= Task directions =
Nothing but the lines from the one containing "vec_len hand.new ≡" through the one containing "true → vec_len", both included, should be given again, each exactly as written below.

Excerpts from a dataset
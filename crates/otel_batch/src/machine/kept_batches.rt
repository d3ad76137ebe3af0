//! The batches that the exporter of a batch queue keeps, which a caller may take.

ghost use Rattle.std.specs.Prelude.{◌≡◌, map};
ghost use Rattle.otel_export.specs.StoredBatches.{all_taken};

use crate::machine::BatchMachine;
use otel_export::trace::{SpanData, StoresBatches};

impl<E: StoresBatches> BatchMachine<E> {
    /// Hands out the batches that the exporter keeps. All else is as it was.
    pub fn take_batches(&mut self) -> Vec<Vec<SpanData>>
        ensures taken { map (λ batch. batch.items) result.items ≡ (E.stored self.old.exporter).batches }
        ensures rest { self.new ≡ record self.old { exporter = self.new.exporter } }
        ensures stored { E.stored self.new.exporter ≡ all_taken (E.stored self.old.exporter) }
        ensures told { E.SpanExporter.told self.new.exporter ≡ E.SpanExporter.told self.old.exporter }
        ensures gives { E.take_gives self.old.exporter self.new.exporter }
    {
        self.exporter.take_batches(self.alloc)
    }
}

--

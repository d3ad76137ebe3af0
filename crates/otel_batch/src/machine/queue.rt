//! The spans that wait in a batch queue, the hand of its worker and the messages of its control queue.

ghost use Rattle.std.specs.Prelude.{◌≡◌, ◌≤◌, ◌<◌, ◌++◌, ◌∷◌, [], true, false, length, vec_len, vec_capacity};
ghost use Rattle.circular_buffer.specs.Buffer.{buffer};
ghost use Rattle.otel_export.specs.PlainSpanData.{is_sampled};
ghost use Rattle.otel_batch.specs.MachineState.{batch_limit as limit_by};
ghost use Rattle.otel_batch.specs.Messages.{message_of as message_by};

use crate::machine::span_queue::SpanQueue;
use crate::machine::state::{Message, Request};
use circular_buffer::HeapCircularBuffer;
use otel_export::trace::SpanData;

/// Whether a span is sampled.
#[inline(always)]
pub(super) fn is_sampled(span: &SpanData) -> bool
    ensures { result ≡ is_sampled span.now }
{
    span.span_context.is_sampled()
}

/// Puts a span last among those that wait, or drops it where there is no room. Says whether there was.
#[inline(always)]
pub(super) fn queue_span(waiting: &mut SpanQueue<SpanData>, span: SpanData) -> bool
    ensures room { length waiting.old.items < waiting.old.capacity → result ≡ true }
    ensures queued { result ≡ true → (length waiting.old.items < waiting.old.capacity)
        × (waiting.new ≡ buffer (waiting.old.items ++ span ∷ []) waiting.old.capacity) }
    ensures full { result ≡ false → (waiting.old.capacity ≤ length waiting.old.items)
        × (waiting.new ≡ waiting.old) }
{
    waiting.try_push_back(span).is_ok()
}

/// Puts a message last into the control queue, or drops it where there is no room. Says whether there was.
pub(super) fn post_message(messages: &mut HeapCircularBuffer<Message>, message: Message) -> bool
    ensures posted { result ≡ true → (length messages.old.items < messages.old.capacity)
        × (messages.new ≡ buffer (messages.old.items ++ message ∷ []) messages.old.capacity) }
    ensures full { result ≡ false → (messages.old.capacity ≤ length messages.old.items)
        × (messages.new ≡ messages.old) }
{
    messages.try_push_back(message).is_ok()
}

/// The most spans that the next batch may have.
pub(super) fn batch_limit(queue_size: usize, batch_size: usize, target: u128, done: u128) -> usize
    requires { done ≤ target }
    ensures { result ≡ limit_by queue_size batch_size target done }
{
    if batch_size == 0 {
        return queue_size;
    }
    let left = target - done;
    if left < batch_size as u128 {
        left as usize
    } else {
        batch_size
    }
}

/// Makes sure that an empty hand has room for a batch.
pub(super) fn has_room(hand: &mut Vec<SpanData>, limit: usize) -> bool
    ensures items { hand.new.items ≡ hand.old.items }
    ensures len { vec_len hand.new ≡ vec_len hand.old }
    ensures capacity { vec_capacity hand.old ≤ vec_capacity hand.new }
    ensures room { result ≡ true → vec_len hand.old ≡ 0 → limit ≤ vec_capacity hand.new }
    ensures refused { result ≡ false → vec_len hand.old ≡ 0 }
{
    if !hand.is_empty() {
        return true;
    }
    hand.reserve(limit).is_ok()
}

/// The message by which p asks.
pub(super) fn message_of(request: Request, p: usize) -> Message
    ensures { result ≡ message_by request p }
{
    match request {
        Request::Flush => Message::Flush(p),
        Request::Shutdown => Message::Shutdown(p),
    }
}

= Solution for this exercise =
    ensures len { vec_len hand.new ≡ vec_len hand.old }
    ensures capacity { vec_capacity hand.old ≤ vec_capacity hand.new }
    ensures room { result ≡ true → vec_len hand.old ≡ 0 → limit ≤ vec_capacity hand.new }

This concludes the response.